◆ Task
The lines to reproduce from the material below are those from the one containing "which is empty." through the one containing "nothing is created.", both included; write them out exactly and add nothing.

◆ Excerpted records
##########

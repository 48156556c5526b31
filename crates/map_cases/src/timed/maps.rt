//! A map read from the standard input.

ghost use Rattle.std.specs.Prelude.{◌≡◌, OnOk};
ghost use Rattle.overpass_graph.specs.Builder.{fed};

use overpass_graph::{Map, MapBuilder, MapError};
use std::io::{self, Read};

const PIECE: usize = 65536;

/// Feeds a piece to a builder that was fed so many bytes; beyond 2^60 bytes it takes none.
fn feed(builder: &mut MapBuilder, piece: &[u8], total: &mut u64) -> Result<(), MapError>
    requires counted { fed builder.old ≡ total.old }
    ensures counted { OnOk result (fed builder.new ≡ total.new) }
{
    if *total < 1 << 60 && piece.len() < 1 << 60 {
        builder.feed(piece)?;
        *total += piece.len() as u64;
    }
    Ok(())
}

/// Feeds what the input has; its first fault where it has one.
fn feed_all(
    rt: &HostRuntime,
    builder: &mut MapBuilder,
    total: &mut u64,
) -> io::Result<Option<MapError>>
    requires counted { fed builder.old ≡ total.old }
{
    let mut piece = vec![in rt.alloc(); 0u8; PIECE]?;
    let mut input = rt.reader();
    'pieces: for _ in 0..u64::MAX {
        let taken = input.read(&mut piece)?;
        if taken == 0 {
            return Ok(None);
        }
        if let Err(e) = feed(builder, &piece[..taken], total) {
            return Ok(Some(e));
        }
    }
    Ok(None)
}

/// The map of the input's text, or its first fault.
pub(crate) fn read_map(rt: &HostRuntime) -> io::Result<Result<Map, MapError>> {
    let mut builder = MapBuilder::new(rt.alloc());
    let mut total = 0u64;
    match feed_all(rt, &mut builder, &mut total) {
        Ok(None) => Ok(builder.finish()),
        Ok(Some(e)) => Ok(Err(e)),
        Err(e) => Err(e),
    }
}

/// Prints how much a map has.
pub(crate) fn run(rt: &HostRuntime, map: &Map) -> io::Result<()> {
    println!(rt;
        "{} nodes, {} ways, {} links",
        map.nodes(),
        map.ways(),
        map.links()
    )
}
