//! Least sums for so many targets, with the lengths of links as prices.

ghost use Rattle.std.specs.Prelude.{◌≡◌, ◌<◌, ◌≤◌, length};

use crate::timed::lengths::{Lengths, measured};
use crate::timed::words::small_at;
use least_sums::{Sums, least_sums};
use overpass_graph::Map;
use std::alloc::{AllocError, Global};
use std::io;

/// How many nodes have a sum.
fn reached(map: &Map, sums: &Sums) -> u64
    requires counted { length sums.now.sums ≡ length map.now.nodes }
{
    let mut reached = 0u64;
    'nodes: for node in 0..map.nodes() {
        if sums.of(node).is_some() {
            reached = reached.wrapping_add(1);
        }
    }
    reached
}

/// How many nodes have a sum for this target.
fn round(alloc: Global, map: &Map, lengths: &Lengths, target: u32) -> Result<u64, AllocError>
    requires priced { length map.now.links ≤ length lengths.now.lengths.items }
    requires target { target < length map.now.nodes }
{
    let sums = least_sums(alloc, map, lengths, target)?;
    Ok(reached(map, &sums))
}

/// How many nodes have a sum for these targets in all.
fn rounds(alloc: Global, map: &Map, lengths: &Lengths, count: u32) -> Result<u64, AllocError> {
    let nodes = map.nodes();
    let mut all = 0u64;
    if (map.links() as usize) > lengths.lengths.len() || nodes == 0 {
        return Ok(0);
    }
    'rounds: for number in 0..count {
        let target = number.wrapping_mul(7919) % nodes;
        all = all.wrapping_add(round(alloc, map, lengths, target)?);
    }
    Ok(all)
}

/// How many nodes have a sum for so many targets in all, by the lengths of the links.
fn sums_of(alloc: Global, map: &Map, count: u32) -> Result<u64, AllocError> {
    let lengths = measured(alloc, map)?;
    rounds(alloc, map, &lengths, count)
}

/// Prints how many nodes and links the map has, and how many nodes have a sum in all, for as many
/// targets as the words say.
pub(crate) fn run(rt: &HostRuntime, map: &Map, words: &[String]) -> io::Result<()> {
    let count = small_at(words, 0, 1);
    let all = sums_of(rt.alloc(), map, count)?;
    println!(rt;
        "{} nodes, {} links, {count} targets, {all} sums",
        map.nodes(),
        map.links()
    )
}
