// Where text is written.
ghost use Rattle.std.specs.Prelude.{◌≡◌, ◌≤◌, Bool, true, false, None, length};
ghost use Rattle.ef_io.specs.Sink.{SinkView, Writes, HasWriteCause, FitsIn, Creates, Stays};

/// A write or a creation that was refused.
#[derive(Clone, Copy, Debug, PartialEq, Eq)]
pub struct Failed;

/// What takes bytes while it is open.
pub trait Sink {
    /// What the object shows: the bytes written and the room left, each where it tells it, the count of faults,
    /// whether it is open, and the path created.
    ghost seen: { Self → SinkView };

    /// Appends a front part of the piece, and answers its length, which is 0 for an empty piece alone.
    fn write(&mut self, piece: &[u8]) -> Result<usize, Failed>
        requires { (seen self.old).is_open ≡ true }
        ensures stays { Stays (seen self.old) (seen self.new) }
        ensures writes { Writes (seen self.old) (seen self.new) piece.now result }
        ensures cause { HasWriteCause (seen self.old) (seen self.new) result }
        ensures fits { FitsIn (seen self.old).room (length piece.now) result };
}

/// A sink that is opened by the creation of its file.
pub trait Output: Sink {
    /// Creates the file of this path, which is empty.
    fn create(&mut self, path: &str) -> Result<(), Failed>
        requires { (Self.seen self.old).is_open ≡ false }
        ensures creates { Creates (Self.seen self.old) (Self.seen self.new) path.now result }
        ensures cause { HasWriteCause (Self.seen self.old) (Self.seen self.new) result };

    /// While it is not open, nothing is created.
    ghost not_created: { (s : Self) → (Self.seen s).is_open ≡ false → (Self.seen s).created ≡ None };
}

##########

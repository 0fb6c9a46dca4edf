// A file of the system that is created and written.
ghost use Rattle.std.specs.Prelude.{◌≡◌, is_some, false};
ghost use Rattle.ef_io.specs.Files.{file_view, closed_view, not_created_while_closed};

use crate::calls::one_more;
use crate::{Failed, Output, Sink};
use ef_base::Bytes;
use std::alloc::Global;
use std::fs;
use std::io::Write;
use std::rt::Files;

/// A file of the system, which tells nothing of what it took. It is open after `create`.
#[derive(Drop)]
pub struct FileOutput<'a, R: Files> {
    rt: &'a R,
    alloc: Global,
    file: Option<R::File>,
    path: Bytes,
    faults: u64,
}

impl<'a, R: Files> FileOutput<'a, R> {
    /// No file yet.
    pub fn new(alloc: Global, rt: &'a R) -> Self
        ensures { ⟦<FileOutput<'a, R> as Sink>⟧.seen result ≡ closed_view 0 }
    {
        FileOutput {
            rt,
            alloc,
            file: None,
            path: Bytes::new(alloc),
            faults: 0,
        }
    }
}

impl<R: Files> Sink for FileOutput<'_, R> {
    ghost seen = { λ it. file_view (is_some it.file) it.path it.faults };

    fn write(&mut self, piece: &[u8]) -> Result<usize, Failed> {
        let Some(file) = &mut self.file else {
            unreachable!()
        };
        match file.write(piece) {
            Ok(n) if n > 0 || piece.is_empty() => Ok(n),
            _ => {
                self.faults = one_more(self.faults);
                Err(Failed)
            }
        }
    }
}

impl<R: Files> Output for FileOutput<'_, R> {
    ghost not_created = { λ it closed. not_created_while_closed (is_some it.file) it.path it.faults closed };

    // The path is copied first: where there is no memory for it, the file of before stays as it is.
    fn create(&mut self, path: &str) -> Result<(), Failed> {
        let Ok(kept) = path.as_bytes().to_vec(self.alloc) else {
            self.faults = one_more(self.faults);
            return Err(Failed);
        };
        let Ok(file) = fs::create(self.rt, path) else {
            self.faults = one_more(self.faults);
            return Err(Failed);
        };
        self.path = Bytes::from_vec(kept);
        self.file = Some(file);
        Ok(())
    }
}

##########

◆ Your response
    /// Creates the file of this path, which is empty.
    fn create(&mut self, path: &str) -> Result<(), Failed>
        requires { (Self.seen self.old).is_open ≡ false }
        ensures creates { Creates (Self.seen self.old) (Self.seen self.new) path.now result }
        ensures cause { HasWriteCause (Self.seen self.old) (Self.seen self.new) result };

    /// While it is not open, nothing is created.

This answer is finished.